Dr. Traub believes that beneath all the high-minded rhetoric about patient safety, the AMA’s true motives are based on arrogance, ignorance, fear and resentment. “The arrogance is in the deep-seated conviction that conventionally trained physicians are somehow extraordinary, and should be the ONLY gatekeepers for ALL other healthcare professionals. The ignorance is in the substitution of fabrications for well-researched understanding. The fear and resentment relate to perceived loss of control some MDs feel in reaction to the evolution of non-MD/DO healing professions,” he said.
Long-term Effects of AMA Opposition to Alternative Healthcare
How will all this affect the practitioner channel within the supplement industry? It is difficult to say at this point.
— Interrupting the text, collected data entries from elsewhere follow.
//! The values of many monomials at points, each made from that of an earlier monomial by one product.

ghost use Rattle.std.specs.Prelude.{◌≡◌, ◌≢◌, ℕ, ◌%◌, ◌<◌, [], IfOk, IfSome, length, slice_index, slice_index_or};
ghost use Rattle.prime_field.specs.Modulus.{value_of};
ghost use Rattle.poly_maps.specs.Mono.{mono_value};
ghost use Rattle.poly_maps.specs.Steps.{raised, IsStep};

use crate::{Mono, NoMemory, Point};
use prime_field::Modulus;
use std::alloc::Global;
use std::marker::Model;

/// How the value of a monomial is made.
#[derive(Clone, Copy)]
enum Step {
    /// From its exponents.
    Powers,
    /// From the value of the monomial at an earlier place, times the entry of a variable.
    Times { place: usize, variable: usize },
}

/// Monomials whose values are wanted at many points.
///
/// How each value is made is found once. Where a monomial has an earlier one with one factor less, its value costs one
/// product; so it does for all monomials within a bound in their order, but for 1.
#[derive(Drop)]
pub struct MonomialPlan {
    monos: Vec<Mono>,
    steps: Vec<Step>,
}

impl Model for MonomialPlan {
    ghost use Rattle.std.specs.Prelude.{ℕ, List};
    ghost use Rattle.poly_maps.specs.Steps.{AreSteps};

    ghost Value = { List (List ℕ) };

    ghost view = { λ p. p.monos.items };

    ghost invariant = { λ p. AreSteps p.monos.items p.steps.items };
}

impl MonomialPlan {
    /// The plan for these monomials.
    pub fn of(alloc: Global, monos: Vec<Mono>) -> Result<MonomialPlan, NoMemory>
        ensures { IfOk result (λ plan. plan ≡ monos.items) }
    {
        let mut steps = Vec::new(alloc);
        for (k, mono) in monos.iter().enumerate() {
            steps.push(step_to(&monos[..k], mono))?;
        }
        Ok(MonomialPlan { monos, steps })
    }

    /// How many monomials there are.
    pub fn len(&self) -> usize
        ensures { result ≡ length self.now }
    {
        self.monos.len()
    }

    /// Writes the value of each monomial at the point, in the order of the monomials.
    pub fn write_values(&self, m: Modulus, point: &Point, out: &mut [u64])
        requires room { length out.old ≡ length self.now }
        ensures values { (k : ℕ) → k < length self.now → slice_index out.new k ≡ mono_value (slice_index_or self.now k []) point.now % value_of m }
    {
        let entries = point.all_entries();
        for (k, step) in self.steps.iter().enumerate() {
            out[k] = match step {
                Step::Powers => value_by_powers(m, &self.monos[k], entries),
                Step::Times { place, variable } => m.mul(out[*place], entries[*variable]),
            };
        }
    }
}

/// The value of a monomial where the variables have these entries.
fn value_by_powers(m: Modulus, mono: &Mono, entries: &[u64; 8]) -> u64
    requires residues { (i : ℕ) → i < 8 → slice_index entries.now i < value_of m }
    ensures value { result ≡ mono_value mono.now entries.now % value_of m }
{
    let exponents = mono.exponents();
    let mut product = 1;
    for i in 0..8 {
        if exponents[i] > 0 {
            product = m.mul(product, m.pow(entries[i], exponents[i] as u32));
        }
    }
    product
}

/// How the value of a monomial is made behind those of earlier ones.
fn step_to(earlier: &[Mono], mono: &Mono) -> Step
    ensures { IsStep earlier.now mono.now result }
{
    let Some(variable) = first_variable(mono) else {
        return Step::Powers;
    };
    match place_of(earlier, &lowered(mono, variable)) {
        Some(place) => Step::Times { place, variable },
        None => Step::Powers,
    }
}

/// The first variable whose exponent isn't 0, counted from 0.
fn first_variable(mono: &Mono) -> Option<usize>
    ensures eight { IfSome result (λ i. i < 8) }
    ensures occurs { IfSome result (λ i. slice_index mono.now i ≢ 0) }
{
    let exponents = mono.exponents();
    for i in 0..8 {
        if exponents[i] > 0 {
            return Some(i);
        }
    }
    None
}

/// The monomial with one factor less of the variable `i`, counted from 0.
fn lowered(mono: &Mono, i: usize) -> Mono
    requires eight { i < 8 }
    requires occurs { slice_index mono.now i ≢ 0 }
    ensures within { i < length result }
    ensures is { raised result i ≡ mono.now }
{
    let mut exponents = *mono.exponents();
    exponents[i] -= 1;
    Mono::new(exponents)
}

/// Where the monomial stands among others.
fn place_of(monos: &[Mono], wanted: &Mono) -> Option<usize>
    ensures within { IfSome result (λ k. k < length monos.now) }
    ensures there { IfSome result (λ k. slice_index_or monos.now k [] ≡ wanted.now) }
{
    for (k, mono) in monos.iter().enumerate() {
        if mono == wanted {
            return Some(k);
        }
    }
    None
}

#[cfg(test)]
mod tests {
    use super::*;
    use std::test::Fail;

    #[test]
    fn values_at_a_point_of_two_entries(rt: HostRuntime) -> Result<(), Fail> {
        let power = |i: u16, j: u16, k: u16| Mono::new([i, j, k, 0, 0, 0, 0, 0]);
        let monos = [
            power(0, 0, 0),
            power(1, 0, 0),
            power(1, 1, 0),
            power(2, 1, 0),
            power(70, 1, 0),
            power(1, 0, 1),
            power(1, 0, 2),
        ];
        let plan = MonomialPlan::of(rt.alloc(), Vec::from_slice(rt.alloc(), &monos)?)?;
        assert_eq!(rt; plan.len(), 7);
        // 2^61 leaves 1 modulo the first modulus, and 2^63 leaves 25 modulo the second.
        for (m, high) in [(Modulus::first(), 1536), (Modulus::second(), 9600)] {
            let mut out = [7; 7];
            plan.write_values(m, &Point::of(&[2, 3]), &mut out);
            assert_eq!(rt; out, [1, 2, 6, 12, high, 0, 0]);
        }
        Ok(())
    }

    #[test]
    fn within_a_bound_all_but_one_come_from_earlier_ones(rt: HostRuntime) -> Result<(), Fail> {
        let bound = crate::Bound {
            total: 4,
            each: [3, 2, 4, 0, 0, 0, 0, 0],
        };
        let plan = MonomialPlan::of(rt.alloc(), crate::monomials(rt.alloc(), &bound, 3)?)?;
        for (k, step) in plan.steps.iter().enumerate() {
            let is_anew = matches!(step, Step::Powers);
            assert_eq!(rt; is_anew, k == 0);
        }
        Ok(())
    }
}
But NDs, chiropractors, and to some extent nurse practitioners have been very strong advocates for nutrition-based medicine and broader use of herbs. Restriction of their abilities to practice freely and legislative roadblocks to the further evolution of these professions could hinder the growth of the practitioner channel to the detriment, I believe, of public well-being.
Formal AMA opposition against those who provide natural healthcare alternatives could also have a chilling effect on holistically-minded MDs, the ranks of which have been growing in recent years. The AMA’s current sword-rattling, if it becomes state or federal policy, could put the “kibosh” on many integrative medicine endeavors aimed at creating a more egalitarian healthcare system that honors individual freedom of choice.
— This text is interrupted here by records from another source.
ghost use Rattle.std.specs.Prelude.{◌≡◌, [], ◌∷◌};
ghost use Rattle.poly_maps.specs.Fraction.{LeadsWithOne};
ghost use Rattle.poly_maps.specs.Quotient.{IsQuotientMap};

use crate::RatPoly;
use std::marker::Model;

/// A quotient of two polynomials over the rational numbers. The leading coefficient of its denominator is 1.
#[derive(Drop)]
pub struct Quotient {
    pub num: RatPoly,
    pub den: RatPoly,
}

impl Model for Quotient {
    ghost use Rattle.poly_maps.specs.Quotient.{RationalPair, IsQuotientMap};

    ghost Value = { RationalPair };

    ghost view = { λ q. record { num = q.num; den = q.den } };

    ghost invariant = { λ q. IsQuotientMap (record { num = q.num; den = q.den }) };
}

impl Quotient {
    /// The quotient of a numerator and a denominator whose leading coefficient is 1.
    pub fn new(num: RatPoly, den: RatPoly) -> Quotient
        requires { LeadsWithOne den }
        ensures parts { result ≡ record { num = num; den = den } }
        ensures map { IsQuotientMap result }
    {
        // Both parts are maps to fractions; the invariant asks it.
        let _num = num.terms();
        let _den = den.terms();
        Quotient { num, den }
    }
}

#[cfg(test)]
mod tests {
    use super::*;
    use crate::{Frac, Mono};
    use std::test::Fail;

    /// `x^i * y^j`
    fn power(i: u16, j: u16) -> Mono
        ensures { result ≡ i ∷ j ∷ 0 ∷ 0 ∷ 0 ∷ 0 ∷ 0 ∷ 0 ∷ [] }
    {
        Mono::new([i, j, 0, 0, 0, 0, 0, 0])
    }

    fn crosses<T: Send + Sync>() -> bool {
        true
    }

    #[test]
    fn terms_descend_in_whatever_order_they_come(rt: HostRuntime) -> Result<(), Fail> {
        // (1/2*x - 3)/(x*y)
        let half = Frac { num: 1, den: 2 };
        let minus_three = Frac { num: -3, den: 1 };
        let one = Frac { num: 1, den: 1 };
        let mut num = RatPoly::zero(rt.alloc());
        num.add_term(power(0, 0), minus_three)?;
        num.add_term(power(1, 0), half)?;
        let mut den = RatPoly::zero(rt.alloc());
        den.add_term(power(1, 1), one)?;
        let quotient = Quotient::new(num, den);
        assert_eq!(rt;
            quotient.num.terms(),
            [(power(1, 0), half), (power(0, 0), minus_three)].as_slice()
        );
        assert_eq!(rt; quotient.den.terms(), [(power(1, 1), one)].as_slice());
        assert!(rt; crosses::<Quotient>());
        Ok(())
    }
}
In the coming years, the naturopathic, chiropractic, nursing and holistic MD communities may very well need support—political and financial—from the natural products industry. I strongly hope that leaders of our industry will stand in solidarity with practitioners on the front line of what is shaping up to be a major challenge to the viability of natural medicine in this country.
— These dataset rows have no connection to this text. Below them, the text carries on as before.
//! Polynomials, kept as lists of terms whose monomials descend.

ghost use Rattle.std.specs.Prelude.{◌≡◌, ℕ, ◌+◌, ◌%◌, ◌<◌, ◌≤◌, ◌↔◌, List, [], if◌then◌else◌, IsTrue, OnOk, OnErr, IfOk};
ghost use Rattle.prime_field.specs.Modulus.{value_of};
ghost use Rattle.poly_maps.specs.Bound.{IsWithin};
ghost use Rattle.poly_maps.specs.Mono.{is_same};
ghost use Rattle.poly_maps.specs.Polynomial.{coefficient, value_at, leading, total_degree, product_of, AreResidues, IsPolynomial};

use crate::powers::Powers;
use crate::{Bound, Mono, NoMemory, Point, term_list};
use prime_field::Modulus;
use std::alloc::Global;
use std::marker::Model;

/// A polynomial in eight variables over residues: a finite map from monomials to residues that aren't zero.
///
/// It is seen as the list of its terms, the monomials descending. Where residues are residues of one modulus or of
/// another is for the caller to know: each call takes the modulus.
#[derive(Drop)]
pub struct Poly {
    terms: Vec<(Mono, u64)>,
}

impl Model for Poly {
    ghost use Rattle.std.specs.Prelude.{ℕ, List};
    ghost use Rattle.poly_maps.specs.Polynomial.{IsPolynomial};

    ghost Value = { List (List ℕ × ℕ) };

    ghost view = { λ p. p.terms.items };

    ghost invariant = { λ p. IsPolynomial p.terms.items };
}

impl Poly {
    /// The zero polynomial. What it grows by is taken from `alloc`.
    pub fn zero(alloc: Global) -> Poly
        ensures { result ≡ [] }
    {
        Poly {
            terms: Vec::new(alloc),
        }
    }

    /// Adds the residue `c` to the coefficient of `mono`. Where memory runs out, the polynomial stays as it was.
    pub fn add_term(&mut self, m: Modulus, mono: Mono, c: u64) -> Result<(), NoMemory>
        requires residues { AreResidues (value_of m) self.old }
        requires residue { c < value_of m }
        ensures sum { OnOk result ((e : List ℕ) → coefficient e self.new ≡ (coefficient e self.old + (if is_same mono e then c else 0)) % value_of m) }
        ensures residues { AreResidues (value_of m) self.new }
        ensures polynomial { IsPolynomial self.new }
        ensures err { OnErr result (self.new ≡ self.old) }
    {
        term_list::add(&mut self.terms, m, mono, c)
    }

    /// The coefficient of `mono`, 0 where it isn't in the map.
    pub fn coefficient(&self, mono: Mono) -> u64
        ensures { result ≡ coefficient mono self.now }
    {
        match term_list::place(&self.terms, &mono) {
            Ok(place) => self.terms[place].1,
            Err(_) => 0,
        }
    }

    /// The whole map as a list, the monomials descending.
    pub fn terms(&self) -> &[(Mono, u64)]
        ensures same { result.now ≡ self.now }
        ensures polynomial { IsPolynomial self.now }
    {
        &self.terms
    }

    /// The greatest monomial, or None for the zero polynomial.
    pub fn leading(&self) -> Option<Mono>
        ensures { result ≡ leading self.now }
    {
        self.terms.first().map(|term| term.0)
    }

    /// The greatest total degree of a term, 0 for the zero polynomial.
    pub fn total_degree(&self) -> u32
        ensures { result ≡ total_degree self.now }
    {
        match self.terms.first() {
            Some(term) => term.0.total(),
            None => 0,
        }
    }

    /// The sum of the terms, which stand in any order and may repeat a monomial. It takes one sort, and
    /// a look-up for each term.
    pub fn from_terms(m: Modulus, mut terms: Vec<(Mono, u64)>) -> Result<Poly, NoMemory>
        requires { AreResidues (value_of m) terms.items }
        ensures sum { IfOk result (λ p. (e : List ℕ) → coefficient e p ≡ coefficient e terms.items % value_of m) }
        ensures residues { IfOk result (AreResidues (value_of m)) }
        ensures polynomial { IfOk result IsPolynomial }
    {
        terms.sort_unstable_by(|a, b| b.0.cmp(&a.0));
        let mut sum = Poly::zero(*terms.allocator());
        for term in &terms {
            sum.add_term(m, term.0, term.1)?;
        }
        // The sum is a polynomial, also where there were no terms.
        let _terms = sum.terms();
        Ok(sum)
    }

    /// The product of two polynomials.
    pub fn product(&self, m: Modulus, other: &Poly) -> Result<Poly, NoMemory>
        requires degrees { total_degree self.now + total_degree other.now ≤ 256 }
        requires left { AreResidues (value_of m) self.now }
        requires right { AreResidues (value_of m) other.now }
        ensures product { IfOk result (λ p. (e : List ℕ) → coefficient e p ≡ coefficient e (product_of self.now other.now) % value_of m) }
        ensures residues { IfOk result (AreResidues (value_of m)) }
        ensures polynomial { IfOk result IsPolynomial }
    {
        let mut products = Vec::new(*self.terms.allocator());
        for term in &self.terms {
            term_list::push_products(&mut products, m, term, &other.terms)?;
        }
        Poly::from_terms(m, products)
    }

    /// The value at a point. Where the point has fewer entries than there are variables, the missing ones are 0.
    pub fn value(&self, m: Modulus, point: &Point) -> u64
        requires { AreResidues (value_of m) self.now }
        ensures value { result ≡ value_at self.now point.now % value_of m }
        ensures residue { result < value_of m }
    {
        let powers = Powers::of(m, point, self.total_degree());
        let mut sum = 0;
        for term in &self.terms {
            sum = m.add(sum, m.mul(term.1, powers.value(&term.0)));
        }
        sum
    }

    /// Whether each term's total degree and degree in each variable are within the bound; so the zero polynomial is
    /// within each.
    pub fn within(&self, bound: &Bound) -> bool
        ensures { IsTrue result ↔ IsWithin bound.now self.now }
    {
        for term in &self.terms {
            if !bound.contains(&term.0) {
                return false;
            }
        }
        true
    }

    /// Where the polynomial takes its memory from.
    pub(crate) fn allocator(&self) -> Global {
        *self.terms.allocator()
    }
}

#[cfg(test)]
mod tests {
    use super::*;
    use crate::{Bounds, Pair};
    use std::test::Fail;

    /// `x^i * y^j`
    fn power(i: u16, j: u16) -> Mono {
        Mono::new([i, j, 0, 0, 0, 0, 0, 0])
    }

    fn crosses<T: Send + Sync>() -> bool {
        true
    }

    #[test]
    fn cross_terms_of_a_product_cancel(rt: HostRuntime) -> Result<(), Fail> {
        for m in [Modulus::first(), Modulus::second()] {
            // (x + y) * (x - y)
            let mut sum = Poly::zero(rt.alloc());
            sum.add_term(m, power(0, 1), 1)?;
            sum.add_term(m, power(1, 0), 1)?;
            let mut difference = Poly::zero(rt.alloc());
            difference.add_term(m, power(1, 0), 1)?;
            difference.add_term(m, power(0, 1), m.value() - 1)?;
            assert_eq!(rt; sum.total_degree(), 1);
            assert_eq!(rt; difference.total_degree(), 1);
            let product = sum.product(m, &difference)?;
            assert_eq!(rt;
                product.terms(),
                [(power(2, 0), 1), (power(0, 2), m.value() - 1)].as_slice()
            );
            assert_eq!(rt; product.coefficient(power(0, 2)), m.value() - 1);
            assert_eq!(rt; product.coefficient(power(1, 1)), 0);
        }
        Ok(())
    }

    #[test]
    fn terms_are_gathered_and_cancelled(rt: HostRuntime) -> Result<(), Fail> {
        let m = Modulus::second();
        let mut terms = Vec::new(rt.alloc());
        terms.push((power(1, 0), 3))?;
        terms.push((power(0, 2), 7))?;
        terms.push((power(1, 0), m.value() - 3))?;
        let mut poly = Poly::from_terms(m, terms)?;
        assert_eq!(rt; poly.leading(), Some(power(0, 2)));
        assert_eq!(rt; poly.total_degree(), 2);
        poly.add_term(m, power(0, 2), m.value() - 7)?;
        assert!(rt; poly.terms().is_empty());
        assert_eq!(rt; poly.leading(), None);
        assert_eq!(rt; poly.total_degree(), 0);
        Ok(())
    }

    #[test]
    fn values_of_low_and_high_powers(rt: HostRuntime) -> Result<(), Fail> {
        // 2^61 leaves 1 modulo the first modulus, and 2^63 leaves 25 modulo the second.
        for (m, high) in [(Modulus::first(), 512), (Modulus::second(), 3200)] {
            let mut poly = Poly::zero(rt.alloc());
            poly.add_term(m, power(70, 0), 1)?;
            poly.add_term(m, power(3, 2), 5)?;
            assert_eq!(rt; poly.value(m, &Point::of(&[2, 3])), high + 360);
            assert_eq!(rt; poly.value(m, &Point::of(&[2])), high);
        }
        Ok(())
    }

    #[test]
    fn pairs_within_their_bounds(rt: HostRuntime) -> Result<(), Fail> {
        let m = Modulus::first();
        let bounds = Bounds {
            num: Bound {
                total: 2,
                each: [1, 2, 0, 0, 0, 0, 0, 0],
            },
            den: Bound {
                total: 1,
                each: [0, 1, 0, 0, 0, 0, 0, 0],
            },
        };
        let mut pair = Pair {
            num: Poly::zero(rt.alloc()),
            den: Poly::zero(rt.alloc()),
        };
        assert!(rt; !pair.within(&bounds));
        pair.den.add_term(m, power(0, 1), 1)?;
        pair.num.add_term(m, power(1, 1), 1)?;
        assert!(rt; pair.within(&bounds));
        pair.num.add_term(m, power(2, 0), 1)?;
        assert!(rt; !pair.within(&bounds));
        assert!(rt; crosses::<Pair>() && crosses::<Bounds>());
        Ok(())
    }
}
The AMA’s policies will only isolate conventional medicine and promote discord, rather than harmonizing healthcare under the basic purpose of patient care and patient choice. They will foster fanaticism and blind loyalty, rather than intelligent dialog. Recognizing the high level of responsibility all healing professionals must assume, we should affirm our commitment to promote appropriate standards for education, licensure and certification, to support appropriate practice and care management guidelines, and to facilitate communication and collegial relationships between all healthcare professionals.
The new resolution is under review by the AMA’s House of Delegates, and is one of several political moves clearly indicating the AMA’s intention to restrict non-MD healthcare practitioners and re-assert its role as the sole arbiter of healthcare practice.